I assume you don't want a mechanical switch because you always want it to turn off when power is removed?

You said you didn't want to use a relay.  Why is that?

Did I say something about mechanical switches? I don't need "turns off when power removed"; in fact, since the fault detection line is normally-open, I have a mild preference for not adding another continuous power draw. (But "latching" behavior is also desirable, i.e. when the crowbar / "fault trip" / whatever is activated, it shouldn't automatically reset.)

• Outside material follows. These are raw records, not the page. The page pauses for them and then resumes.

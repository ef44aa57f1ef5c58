// The lines of a circuit's text, one after another.
ghost use Rattle.std.specs.Prelude.{◌≡◌, ◌<◌, length, if◌then◌else◌, Some, None, nat_le};
ghost use Rattle.pauli.specs.Faults.{Answers};
ghost use Rattle.circuit_text.specs.Reading.{OpeningRead, CoinsRead, NextRead};

use crate::line::{Line, Opening};
use crate::read;
use pauli::fault::Fault;
use text::limits::MOST_BYTES;
use text::read::Fields;

// A text, and the place in it where the next line begins.
#[derive(Clone, Copy)]
pub struct Reader<'a> {
    pub fields: Fields<'a>,
}

impl<'a> Reader<'a> {
    // A reader at the start of a text. A text that is too long is refused.
    pub fn over(text: &'a [u8]) -> Result<Reader<'a>, Fault>
        ensures { Answers (if nat_le (length text.now) 32768 then None else Some Fault.BadForm) (λ p. (p.fields.text ≡ text.entry) × (p.fields.at ≡ 0)) result }
    {
        if text.len() > MOST_BYTES {
            return Err(Fault::BadForm);
        }
        let fields = Fields { text, at: 0 };
        Ok(Reader { fields })
    }

    // Whether no line is left.
    fn has_ended(&self) -> bool
        ensures done { result ≡ nat_le (length self.now.fields.text.now) self.now.fields.at }
        ensures fits { length self.now.fields.text.now < 18446744073709551616 }
    {
        self.fields.text.len() <= self.fields.at
    }

    // The first line.
    pub fn opening(&mut self) -> Result<Opening, Fault>
        ensures text { self.new.fields.text ≡ self.old.fields.text }
        ensures line { OpeningRead self.old.fields.text self.old.fields.at result self.new.fields.at }
    {
        if self.has_ended() {
            return Err(Fault::TextEnded);
        }
        read::opening(&mut self.fields)
    }

    // The second line: the coins, as the part of the text that they are. (It differs from `opening` in what is read; a closure for that
    // would be longer than the lines that it saves.)
    pub fn coins(&mut self) -> Result<&'a [u8], Fault>
        ensures text { self.new.fields.text ≡ self.old.fields.text }
        ensures line { CoinsRead self.old.fields.text self.old.fields.at result self.new.fields.at }
    {
        if self.has_ended() {
            return Err(Fault::TextEnded);
        }
        read::coins(&mut self.fields)
    }

    // The next line after those two, or none at the end of the text. The text's length is a usize, so that its lines can be counted.
    pub fn next(&mut self) -> Result<Option<Line<'a>>, Fault>
        ensures text { self.new.fields.text ≡ self.old.fields.text }
        ensures fits { length self.old.fields.text.now < 18446744073709551616 }
        ensures line { NextRead self.old.fields.text self.old.fields.at result self.new.fields.at }
    {
        if self.has_ended() {
            return Ok(None);
        }
        read::line(&mut self.fields).map(Some)
    }
}
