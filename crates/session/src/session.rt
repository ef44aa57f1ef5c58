// A session: a point and a source, which are its own alone, and the journal of what was done and measured.
ghost use Rattle.std.specs.Prelude.{◌≡◌, ◌≤◌, true, [], length, is_err};
ghost use Rattle.phase.specs.Answers.{value_answer};
ghost use Rattle.pauli.specs.Faults.{Answers};
ghost use Rattle.pauli.specs.Gates.{gate_fault, placeable};
ghost use Rattle.journal.specs.Places.{all_lawful};
ghost use Rattle.runs.specs.States.{state};
ghost use Rattle.runs.specs.Readings.{Read, ReadLine};
ghost use Rattle.runs.specs.Steps.{GateStep, ConditionalStep, MeasureStep, Step};
ghost use Rattle.session.specs.Seen.{seen};

use coins::source::{CoinSource, draw_word};
use journal::Journal;
use journal_lines::event::{Event, Measurement};
use journal_lines::lines::LONGEST_LINE;
use pauli::fault::Fault;
use pauli::gate::{Gate, OneQubit};
use pauli::label::Label;
use phase::point::PhasePoint;
use phase::sheet::ValueSheet;
use runs::answer::{Answer, Conditional, Line};
use runs::call::Call;

// Contracts see it by `seen`: a Model would hide the point and the source, and `self.new ≡ self.old` would promise less of them.
pub struct Session<P: PhasePoint, S: CoinSource> {
    point: P,
    source: S,
    journal: Journal,
}

impl<P: PhasePoint, S: CoinSource> Session<P, S> {
    // Each call that may refuse promises `kept` itself: no type can say what stays from one moment to the next.

    // Refuses a gate's qubits before anything has changed. Only the refusal counts: the point takes the gate as it came.
    fn check(&self, gate: Gate) -> Result<(), Fault>
        ensures { Answers (gate_fault (P.ValueSheet.sheet self.now.point).n gate) (λ _. placeable gate ≡ true) result }
    {
        gate.placed(self.point.size())?;
        Ok(())
    }

    // A session over a point and a source in any state, with an empty journal.
    pub fn open(point: P, source: S) -> Session<P, S>
        ensures seen { seen P.ValueSheet.sheet S.coins result ≡ state (P.ValueSheet.sheet point) (S.coins source) [] }
        ensures own { (result.point ≡ point) × (result.source ≡ source) }
    {
        Session {
            point,
            source,
            journal: Journal::new(),
        }
    }

    // The point and the source again. The journal ends here.
    pub fn close(self) -> (P, S)
        ensures { (result.0 ≡ self.point) × (result.1 ≡ self.source) }
    {
        let (point, source, _) = self.into_parts();
        (point, source)
    }

    // The point, the source and the journal, each as it is now.
    pub fn into_parts(self) -> (P, S, Journal)
        ensures { (result.0 ≡ self.point) × (result.1 ≡ self.source) × (result.2 ≡ self.journal) }
    {
        let Session {
            point,
            source,
            journal,
        } = self;
        (point, source, journal)
    }

    pub fn gate(&mut self, gate: Gate) -> Result<(), Fault>
        ensures step { GateStep (seen P.ValueSheet.sheet S.coins self.old) gate result (seen P.ValueSheet.sheet S.coins self.new) }
        ensures kept { is_err result ≡ true → self.new ≡ self.old }
    {
        self.check(gate)?;
        self.journal.add(Event::Gate(gate))?;
        self.point.gate(gate)
    }

    // A one-qubit gate that is done if the outcome of that number is 1, and passed over otherwise. Outcomes count from 1.
    pub fn conditional(
        &mut self,
        outcome: u32,
        gate: OneQubit,
        qubit: u32,
    ) -> Result<Conditional, Fault>
        ensures step { ConditionalStep (seen P.ValueSheet.sheet S.coins self.old) outcome gate qubit result (seen P.ValueSheet.sheet S.coins self.new) }
        ensures kept { is_err result ≡ true → self.new ≡ self.old }
    {
        let turn = Gate::One { gate, qubit };
        self.check(turn)?;
        let done = self.journal.outcome(outcome)?;
        self.journal.add(Event::Conditional {
            done,
            outcome,
            gate,
            qubit,
        })?;
        if !done {
            return Ok(Conditional::PassedOver);
        }
        self.point.gate(turn)?;
        Ok(Conditional::Done)
    }

    // Looks at a label, draws exactly the coins that it needs, and measures it with a sign.
    pub fn measure(&mut self, label: Label, sign: bool) -> Result<bool, Fault>
        ensures step { MeasureStep (seen P.ValueSheet.sheet S.coins self.old) label sign result (seen P.ValueSheet.sheet S.coins self.new) }
        ensures kept { is_err result ≡ true → self.new ≡ self.old }
    {
        let (case, count) = self.point.look(label)?;
        if self.journal.is_full() {
            return Err(Fault::JournalFull);
        }
        let size = self.point.size();
        let coins = draw_word(&mut self.source, count).ok_or(Fault::TooFewCoins)?;
        let outcome = self.point.measure(label, sign, coins)?;
        let measurement = Measurement {
            sign,
            size,
            label,
            case,
            outcome,
            count,
            coins,
        };
        // It is lawful, and there is room: the journal takes it.
        self.journal.add(Event::Measurement(measurement)).unwrap();
        Ok(outcome)
    }

    pub fn size(&self) -> u32
        ensures { result ≡ (P.ValueSheet.sheet self.now.point).n }
    {
        self.point.size()
    }

    pub fn width(&self) -> u32
        ensures { result ≡ (P.ValueSheet.sheet self.now.point).width }
    {
        self.point.width()
    }

    // The value of a label, if it has one.
    pub fn value(&self, label: Label) -> Result<Option<bool>, Fault>
        ensures { result ≡ value_answer (P.ValueSheet.sheet self.now.point) label }
    {
        self.point.value(label)
    }

    // How many entries the journal has.
    pub fn entries(&self) -> u32
        ensures count { result ≡ length self.now.journal }
        ensures within { length self.now.journal ≤ 512 }
    {
        self.journal.len()
    }

    // How many coins are still to come.
    pub fn coins_left(&self) -> u64
        ensures { result ≡ length (S.coins self.now.source) }
    {
        self.source.left()
    }

    // Reads the line of an entry into the start of a buffer and answers its length. Entries count from 1.
    pub fn read(&self, entry: u32, out: &mut [u8]) -> Result<usize, Fault>
        ensures line { Read self.now.journal entry out.old out.new result }
        ensures lawful { all_lawful 1 self.now.journal ≡ true }
    {
        self.journal.entry(entry)?.write_line(out)
    }

    // Reads the line of an entry into an answer.
    fn read_line(&self, entry: u32, room: usize) -> Result<Line, Fault>
        ensures { ReadLine self.now.journal entry room result }
    {
        let mut text = [0; LONGEST_LINE];
        let length = self.read(entry, &mut text[..room.min(LONGEST_LINE)])?;
        Ok(Line { text, length })
    }

    // Makes any call.
    pub fn call(&mut self, call: Call) -> Result<Answer, Fault>
        ensures step { Step (seen P.ValueSheet.sheet S.coins self.old) call result (seen P.ValueSheet.sheet S.coins self.new) }
        ensures kept { is_err result ≡ true → self.new ≡ self.old }
    {
        let answer = match call {
            Call::Gate(gate) => {
                self.gate(gate)?;
                Answer::Done
            }
            Call::Conditional {
                outcome,
                gate,
                qubit,
            } => Answer::Conditional(self.conditional(outcome, gate, qubit)?),
            Call::Measure { label, sign } => Answer::Outcome(self.measure(label, sign)?),
            Call::Size => Answer::Size(self.size()),
            Call::Width => Answer::Width(self.width()),
            Call::Value(label) => Answer::Value(self.value(label)?),
            Call::Read { entry, room } => Answer::Line(self.read_line(entry, room)?),
        };
        Ok(answer)
    }
}
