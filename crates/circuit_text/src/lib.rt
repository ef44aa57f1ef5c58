// The text of a circuit, read line by line.
#![tactic(auto)]

pub mod line;
mod read;
pub mod reader;
#[cfg(test)]
mod tests;
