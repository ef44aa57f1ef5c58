// The lines of a circuit.
use pauli::gate::{Gate, OneQubit};

// The first line: how many qubits there are, and the width of the point that is opened.
#[derive(Clone, Copy)]
pub struct Opening {
    pub size: u32,
    pub width: u32,
}

// A line after the first two. The letters of a measured label are the part of the text that they stand in.
#[derive(Clone, Copy)]
pub enum Line<'a> {
    Gate(Gate),
    Measure {
        // True for minus, as in a row.
        sign: bool,
        letters: &'a [u8],
    },
    Conditional {
        outcome: u32,
        gate: OneQubit,
        qubit: u32,
    },
}
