// A circuit read through, and lines that are not of their form.
use crate::line::Line;
use crate::reader::Reader;
use pauli::fault::Fault;
use pauli::gate::{Gate, OneQubit};
use std::test::Fail;

fn is_refused(text: &[u8], fault: Fault) -> Result<bool, Fault> {
    let mut reader = Reader::over(text)?;
    match reader.next() {
        Ok(_) => Ok(false),
        Err(why) => Ok(why.number() == fault.number() && reader.fields.at == 0),
    }
}

#[test]
fn a_circuit_is_read_through(rt: HostRuntime) -> Result<(), Fail> {
    let mut reader = Reader::over(b"Q,3,2\nB,1011\nG,CX,1,2\nM,-,XIZ\nF,1,X,3\n")?;
    let opening = reader.opening()?;
    assert!(rt; opening.size == 3 && opening.width == 2);
    assert_eq!(rt; reader.coins()?.len(), 4);
    if let Some(Line::Gate(Gate::Cx { control, target })) = reader.next()? {
        assert!(rt; control == 1 && target == 2);
    }
    if let Some(Line::Measure { sign, letters }) = reader.next()? {
        assert!(rt; sign && letters.len() == 3);
    }
    assert_eq!(rt; reader.fields.at, 30);
    if let Some(
        Line::Conditional {
            outcome,
            gate: OneQubit::X,
            qubit,
        },
    ) = reader.next()?
    {
        assert!(rt; outcome == 1 && qubit == 3);
    }
    assert!(rt; reader.next()?.is_none());
    Ok(())
}

#[test]
fn other_lines_are_refused(rt: HostRuntime) -> Result<(), Fail> {
    assert!(rt; is_refused(b"G,H,01\n", Fault::BadForm)?);
    assert!(rt; is_refused(b"G,H,1", Fault::BadForm)?);
    assert!(rt; is_refused(b"M,+,\n", Fault::BadForm)?);
    assert!(rt; is_refused(b"M,+,XQ\n", Fault::BadForm)?);
    assert!(rt; is_refused(b"F,1,CX,1,2\n", Fault::BadForm)?);
    assert!(rt; is_refused(b"Q,3,2\n", Fault::BadForm)?);
    assert!(rt; is_refused(b"\n", Fault::BadForm)?);
    Ok(())
}
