ghost use Rattle.std.specs.Prelude.{◌<◌, ◌≤◌, IfOk, length};
ghost use Rattle.xa_outside.specs.Causes.{HasCause};
ghost use Rattle.xarch_run.specs.Front.{ReadsFront};

use xa_outside::{Failed, Source};

/// Reads into the front of a buffer.
pub(crate) fn read_front<S: Source>(
    input: &mut S,
    buf: &mut [u8],
    room: usize,
) -> Result<usize, Failed>
    requires some { 0 < room }
    requires in_range { room ≤ length buf.old }
    ensures bound { IfOk result (λ n. n ≤ room) }
    ensures bytes { ReadsFront (S.rest input.old) (S.rest input.new) result buf.new }
    ensures cause { HasCause (S.faults input.old) (S.faults input.new) result }
{
    input.read(&mut buf[..room])
}
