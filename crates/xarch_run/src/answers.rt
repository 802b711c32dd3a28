ghost use Rattle.std.specs.Prelude.{◌≡◌, ◌≤◌};
ghost use Rattle.xa_outside.specs.Causes.{HasCause};
ghost use Rattle.xa_outside.specs.Taken.{Puts};
ghost use Rattle.xarch_words.specs.Lines.{fault_line, fault_status};
ghost use Rattle.xarch_words.specs.View.{fault_view};
ghost use Rattle.xarch_meanings.specs.Ran.{Says};
ghost use Rattle.xarch_run.specs.Steps.{status_line};

use itoa::Buffer;
use xa_outside::{Failed, Sink, put_buffered};
use xarch_words::{Fault, status, write_fault};

/// Writes the line of a fault, and answers its status.
///
/// It takes no memory. A failure of the sink is not answered: its own count of faults tells it.
pub fn say<E: Sink>(fault: &Fault, err: &mut E) -> u8
    ensures status { result ≡ fault_status (fault_view fault.now) }
    ensures line { Says (E.taken err.old) (E.taken err.new) (E.faults err.old) (E.faults err.new)
        (fault_line (fault_view fault.now)) }
    ensures later { E.faults err.old ≤ E.faults err.new }
{
    let _ = write_fault(fault, err);
    status(fault)
}

/// Writes the status line of a command.
#[tactic(auto, unfolding(crate::specs::Steps::status_line))]
pub(crate) fn put_status<O: Sink>(out: &mut O, status: u8) -> Result<(), Failed>
    ensures bytes { Puts (O.taken out.old) (O.taken out.new) result (status_line status) }
    ensures cause { HasCause (O.faults out.old) (O.faults out.new) result }
{
    let mut buffer = Buffer::new();
    put_buffered(out, &[b"status ", buffer.format(status).as_bytes(), b"\n"])
}
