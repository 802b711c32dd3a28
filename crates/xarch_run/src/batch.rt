ghost use Rattle.std.specs.Prelude.{◌≡◌, ◌≤◌, ℕ, List, Some};
ghost use Rattle.xarch_words.specs.View.{fault_view};
ghost use Rattle.xarch_run.specs.Batch.{BatchEnds, IsAnswer, ReadsAsSaid, shown};
ghost use Rattle.xarch_run.specs.Faults.{stop_fault};
ghost use Rattle.xarch_run.specs.Stays.{Stays};

use crate::answers::say;
use crate::lines::Lines;
use crate::stop::Stop;
use crate::turn::run_line;
use std::alloc::Global;
use xa_outside::{Folder, Sink, Source};
use xarch_words::limits::BATCH;
use xarch_words::{Fault, Quantity};

/// Runs the lines of the input, one after another, and answers the status with which the batch
/// ends.
pub(crate) fn run_batch<F: Folder, S: Source, O: Sink, E: Sink>(
    alloc: Global,
    folder: &mut F,
    input: &mut S,
    out: &mut O,
    err: &mut E,
) -> u8
    ensures ends { (bytes : List ℕ) → S.rest input.old ≡ Some bytes
        → BatchEnds (shown F.files O.taken E.taken E.faults folder.old folder.new
        out.old out.new err.old err.new) bytes (S.rest input.new) result }
    ensures answer { IsAnswer (F.faults folder.old) (F.faults folder.new) (S.faults input.old)
        (S.faults input.new) (O.faults out.old) (O.faults out.new) result }
    ensures read { (bytes : List ℕ) → S.rest input.old ≡ Some bytes
        → ReadsAsSaid bytes (S.rest input.new) result }
    ensures folder { Stays F.files F.draft F.faults folder.old folder.new }
    ensures input_later { S.faults input.old ≤ S.faults input.new }
    ensures out_later { O.faults out.old ≤ O.faults out.new }
    ensures err_later { E.faults err.old ≤ E.faults err.new }
{
    let mut lines = match Lines::new(alloc) {
        Ok(lines) => lines,
        Err(_) => return say(&Fault::Memory, err),
    };
    loop {
        let ended = match lines.next(input) {
            Ok(ended) => ended,
            Err(stop) => return say(&fault_of(stop), err),
        };
        if let Err(status) = run_line(alloc, lines.line(), folder, out, err) {
            return status;
        }
        if !ended {
            return 0;
        }
    }
}

/// The fault with which a batch ends where no further line comes.
fn fault_of(stop: Stop) -> Fault
    ensures { fault_view result ≡ stop_fault stop }
{
    match stop {
        Stop::Failed => Fault::InFault,
        Stop::PastLimit => Fault::Limit {
            quantity: Quantity::Batch,
            number: BATCH as u64,
        },
        Stop::Memory => Fault::Memory,
    }
}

The reason I don't want to rely on a relay is because I have relays already. They're the normal mean to turn the "thing" off. I'm looking for a backup, and particularly, one following the principle of not relying on a single class of device. (BTW, you're aware that the "magnetically latching mechanical switch" you described is... an EMR? 🙂)

[rstofer]

Most shunt trip breakers have an internal coil clearing contact such that there is no damage if the trip signal remains present long after the breaker has cleared.  The mechanism is such that once the trip coil is energized, the coil voltage can be removed by the breaker itself.

I don't know anything about the Siemens CB in particular but I would want to know whether the breaker can be reclosed momentarily, with a standing trip signal.  I couldn't do anything about it but I would want to know if the breaker was going to close for a cycle before re-tripping or whether it wouldn't close at all.